「やり過ぎ」が子どもの社会適応能力に影を落とす
きっと「子どもが泣かずに済むなら良いじゃないか」と思う人もいるかもしれません。確かに一回きりの話であれば、事例の母親の対応は「やり過ぎ」だけど「問題がある」とまでは言えません。しかし、子どもにとって都合の悪い現実を変えるために、他の場面でも大人が「やり過ぎ」な行動を日常的に繰り返していたらどうでしょうか。
大人が子どもの都合が良いように現実を変え続けていると、子どもはいつまでも「ままならない現実」を受け容れる練習ができないことになります。学校や対人関係での「ままならない現実」を嫌がるようになり、時にはそこから遠ざかることもあり得ます。スクールカウンセラーとして働いていると、そのような反応をする子どもが明らかに増えたと感じます。当たり前ですが、大人になるにつれて「ままならない現実」は増えていくものなので、この練習不足が社会適応に影を落とさないか心配なところです。

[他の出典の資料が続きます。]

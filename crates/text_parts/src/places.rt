//! Places of a text as an editor names them: lines and columns from 0, a column in bytes or in units of UTF-16.

ghost use Rattle.std.specs.Prelude.{◌≡◌, ◌≤◌, ◌+◌, length, drop};
ghost use Rattle.source_lines.specs.Places.{number_at, trimmed, is_return, up_to_feed};
ghost use Rattle.text_parts.specs.Columns.{begins_character, begins_pair, units, front_on_line};
ghost use Rattle.text_parts.specs.Offsets.{units_in, start_of, reach, offset_of};

use source_lines::position::{between, first_line, is_line_feed, line_of};

/// What a column counts.
#[derive(Clone, Copy, Debug, PartialEq, Eq)]
pub enum ColumnUnit {
    /// Bytes.
    Utf8,
    /// A character of four bytes is two, any other is one.
    Utf16,
}

/// A place as an editor names it.
#[derive(Clone, Copy, Debug, PartialEq, Eq)]
pub struct EditorPlace {
    /// From 0.
    pub line: usize,
    /// From 0.
    pub column: usize,
}

fn begins_character(byte: u8) -> bool
    ensures { result ≡ begins_character byte }
{
    !(127 < byte && byte < 192)
}

fn begins_pair(byte: u8) -> bool
    ensures { result ≡ begins_pair byte }
{
    239 < byte
}

/// How many units bytes have. In bytes that are no UTF-8, one that begins no character counts nothing.
pub fn units(unit: ColumnUnit, bytes: &[u8]) -> usize
    ensures { result ≡ units unit bytes.now }
{
    match unit {
        ColumnUnit::Utf8 => bytes.len(),
        ColumnUnit::Utf16 => {
            let characters = bytes.iter().filter(|b| begins_character(**b)).count();
            let pairs = bytes.iter().filter(|b| begins_pair(**b)).count();
            characters + pairs
        }
    }
}

/// The line and the column of what stands behind so many bytes of a text. A line ends with its line feed.
pub fn place_of(text: &[u8], offset: usize, unit: ColumnUnit) -> EditorPlace
    ensures line { result.line + 1 ≡ number_at text.now offset }
    ensures column { result.column ≡ units unit (front_on_line text.now offset) }
{
    let line = line_of(text, offset);
    EditorPlace {
        line: line.number - 1,
        column: units(unit, between(text, line.start, offset)),
    }
}

/// How many units a byte counts by itself.
fn units_in(unit: ColumnUnit, byte: u8) -> usize
    ensures { result ≡ units_in unit byte }
{
    match unit {
        ColumnUnit::Utf8 => 1,
        ColumnUnit::Utf16 => {
            let character = if begins_character(byte) { 1 } else { 0 };
            let pair = if begins_pair(byte) { 1 } else { 0 };
            character + pair
        }
    }
}

/// How many bytes stand before the line behind so many others; all, if there are not so many.
fn start_of(text: &[u8], lines: usize) -> usize
    ensures is { result ≡ start_of lines text.now }
    ensures within { result ≤ length text.now }
{
    let mut left = lines;
    for (i, byte) in text.iter().enumerate() {
        if left == 0 {
            return i;
        }
        if is_line_feed(*byte) {
            left -= 1;
        }
    }
    text.len()
}

/// How many bytes of a line stand before the first character that so many units do not reach.
fn reach(unit: ColumnUnit, line: &[u8], column: usize) -> usize
    ensures is { result ≡ reach unit column line.now }
    ensures within { result ≤ length line.now }
{
    let mut left = column;
    for (i, byte) in line.iter().enumerate() {
        if left == 0 && begins_character(*byte) {
            return i;
        }
        left = left.saturating_sub(units_in(unit, *byte));
    }
    line.len()
}

/// How many bytes of a text stand before a place. What lies behind the end of a line is its end, before a carriage return; what lies behind the last
/// line is the end of the text, and what lies within a character is the end of that.
pub fn offset_of(text: &[u8], place: EditorPlace, unit: ColumnUnit) -> usize
    ensures is { result ≡ offset_of unit place text.now }
    ensures within { result ≤ length text.now }
{
    let start = start_of(text, place.line);
    let line = first_line(between(text, start, text.len()));
    start + reach(unit, line, place.column)
}
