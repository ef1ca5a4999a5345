//! Parts between a word or a brace and what closes it.

ghost use Rattle.std.specs.Prelude.{◌≡◌, ◌++◌, [], OnOk, IfOk};
ghost use Rattle.text_parts.specs.Folds.{opens, closes, last_of, ended, folds};

use pml_token::token::{Kind, Token, same_kind};
use std::alloc::{AllocError, Global};

/// A part of a text, by how many bytes stand before what opens it, and before what closes it.
#[derive(Clone, Copy, Debug, PartialEq, Eq)]
pub struct Fold {
    pub from: usize,
    pub to: usize,
}

/// Whether a part begins with this.
fn opens(kind: Kind) -> bool
    ensures { result ≡ opens kind }
{
    same_kind(kind, Kind::OpenBrace) || same_kind(kind, Kind::Do) || same_kind(kind, Kind::If)
}

/// Whether a part ends with this.
fn closes(kind: Kind) -> bool
    ensures { result ≡ closes kind }
{
    same_kind(kind, Kind::CloseBrace) || same_kind(kind, Kind::Od) || same_kind(kind, Kind::Fi)
}

/// Where what was opened last stands.
fn last_of(starts: &[usize]) -> Option<usize>
    ensures { result ≡ last_of starts.now }
{
    match starts {
        [.., last] => Some(*last),
        [] => None,
    }
}

/// Adds the part that ends at a place, if one is open.
fn add_ended(out: &mut Vec<Fold>, starts: &[usize], at: usize) -> Result<(), AllocError>
    ensures { OnOk result (out.new.items ≡ out.old.items ++ ended starts.now at) }
{
    if let Some(from) = last_of(starts) {
        out.push(Fold { from, to: at })?;
    }
    Ok(())
}

/// The parts between tokens, in the order in which they are closed; what closes without an opener ends none.
pub fn folds_of(alloc: Global, tokens: &[Token<'_>]) -> Result<Vec<Fold>, AllocError>
    ensures { IfOk result (λ fs. fs.items ≡ folds [] tokens.now) }
{
    let mut out = Vec::new(alloc);
    let mut starts: Vec<usize> = Vec::new(alloc);
    for token in tokens {
        let at = token.line() as usize;
        if opens(token.kind()) {
            starts.push(at)?;
        } else if closes(token.kind()) {
            add_ended(&mut out, &starts, at)?;
            starts.truncate(starts.len().saturating_sub(1));
        }
    }
    Ok(out)
}
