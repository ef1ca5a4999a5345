//! The profile: the limits of texts, models and sessions, in one place. The code and the definitions cite them; docs/DIFFERENCES.md tells
//! users.
#![tactic(auto)]

mod numbers;

pub use numbers::the_limits_are_these;

/// The cells that the variables of one owner may have: the globals, a proctype or a typedef. Also the elements that an array may have,
/// and the fields that all messages of one channel may have together.
pub const MOST_CELLS: u32 = 1_000_000;

/// The processes that may live at once.
pub const MOST_PROCESSES: usize = 255;

/// The channels that may live at once.
pub const MOST_CHANNELS: usize = 255;

/// The `mtype` names that a model may have.
pub const MOST_CONSTANTS: usize = 255;

/// The fields that a message may have.
pub const MOST_FIELDS: usize = 255;

/// The messages that a channel may be declared to hold.
pub const MOST_MESSAGES: u32 = 65_535;

/// The bits that an `unsigned` may have.
pub const MOST_BITS: u32 = 32;

/// The bytes that a text may have.
pub const MOST_TEXT_BYTES: usize = 1_048_576;

/// How many of `( [ { if do` may be open at once in a text.
pub const MOST_OPEN: u32 = 100;

/// The calls of inlines that may stand within one another.
pub const MOST_CALLS: u32 = 100;

/// The tokens that all that stands in place of calls of inlines may have together.
pub const MOST_REPLACED: usize = 200_000;

/// The tokens that may stand in a row without one of `; :: { } if fi do od` among them.
pub const MOST_IN_A_ROW: u32 = 1_000;

/// The statements that one step may take inside a `d_step`.
pub const MOST_DSTEP_STATEMENTS: usize = 10_000;

/// The bytes that a line of the choices may have, without its line feed.
pub const LINE_BYTES: usize = 80;

/// The lines that may answer one question badly: the last of them ends the session.
pub const BAD_LINES: u8 = 100;
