//! Places as one goes over bytes.

ghost use Rattle.std.specs.Prelude.{◌≡◌, ◌≤◌, ◌<◌, ◌+◌, ◌^◌};
ghost use Rattle.text_parts.specs.Offsets.{units_in};
ghost use Rattle.text_parts.specs.Going.{start, stepped, gone};

use crate::places::{ColumnUnit, EditorPlace};
use source_lines::position::is_line_feed;

/// How many units a byte counts by itself.
fn units_in(unit: ColumnUnit, byte: u8) -> usize
    ensures is { result ≡ units_in unit byte }
    ensures few { result ≤ 2 }
{
    match unit {
        ColumnUnit::Utf8 => 1,
        ColumnUnit::Utf16 => {
            let character = if 127 < byte && byte < 192 { 0 } else { 1 };
            let pair = if 239 < byte { 1 } else { 0 };
            character + pair
        }
    }
}

/// The place behind one more byte.
fn stepped(unit: ColumnUnit, place: EditorPlace, byte: u8) -> EditorPlace
    requires lines { place.line + 1 < 2 ^ 64 }
    requires columns { place.column + 2 < 2 ^ 64 }
    ensures is { result ≡ stepped unit place byte }
    ensures line { result.line ≤ place.line + 1 }
    ensures column { result.column ≤ place.column + 2 }
{
    if is_line_feed(byte) {
        EditorPlace {
            line: place.line + 1,
            column: 0,
        }
    } else {
        EditorPlace {
            line: place.line,
            column: place.column + units_in(unit, byte),
        }
    }
}

/// The place behind bytes that stand at the start of a text.
pub fn gone(unit: ColumnUnit, bytes: &[u8]) -> EditorPlace
    ensures { result ≡ gone unit start bytes.now }
{
    let mut place = EditorPlace { line: 0, column: 0 };
    for (i, byte) in bytes.iter().enumerate() {
        let _read = i;
        place = stepped(unit, place, *byte);
    }
    place
}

この「ままならない現実に折り合いをつける練習」は子どもが将来、自分の能力(学力や運動など)が「ままならない」と感じたときの助けにもなります。理想通りの自分でいられない、だから自分は無価値な人間だ。そんなふうに思わずに子どもが「現実の自分」を受け容れていくためには、小さい頃から少しずつ「ままならない現実に折り合いをつける練習」をしていることが大切なのです。
外的な価値づけによって失われるもの
親のシール集めが「やり過ぎ」になることで、手に入ったシールに対する思い入れが親自身も強くなってしまいます。それによる問題もあります。
【事例:親の影響を受けた子ども】
女子児童は友だちとシール交換の際、母親が店に3時間並んで手に入れたボンドロと好きなキャラクターの平面シールを交換した。その際、母親から「こんなシールとボンドロを交換したなんて泥棒ね!」「せっかく手に入れたのに、そんな安物と交換しないで」「レートが低いのとは交換しないの」などと言われる。そのうち、女子児童は「平面シールはいらない」「あの子のシールはニセモノ」「レート違いは交換しない」と話し、好きなキャラクターのシールにも興味を示さなくなった。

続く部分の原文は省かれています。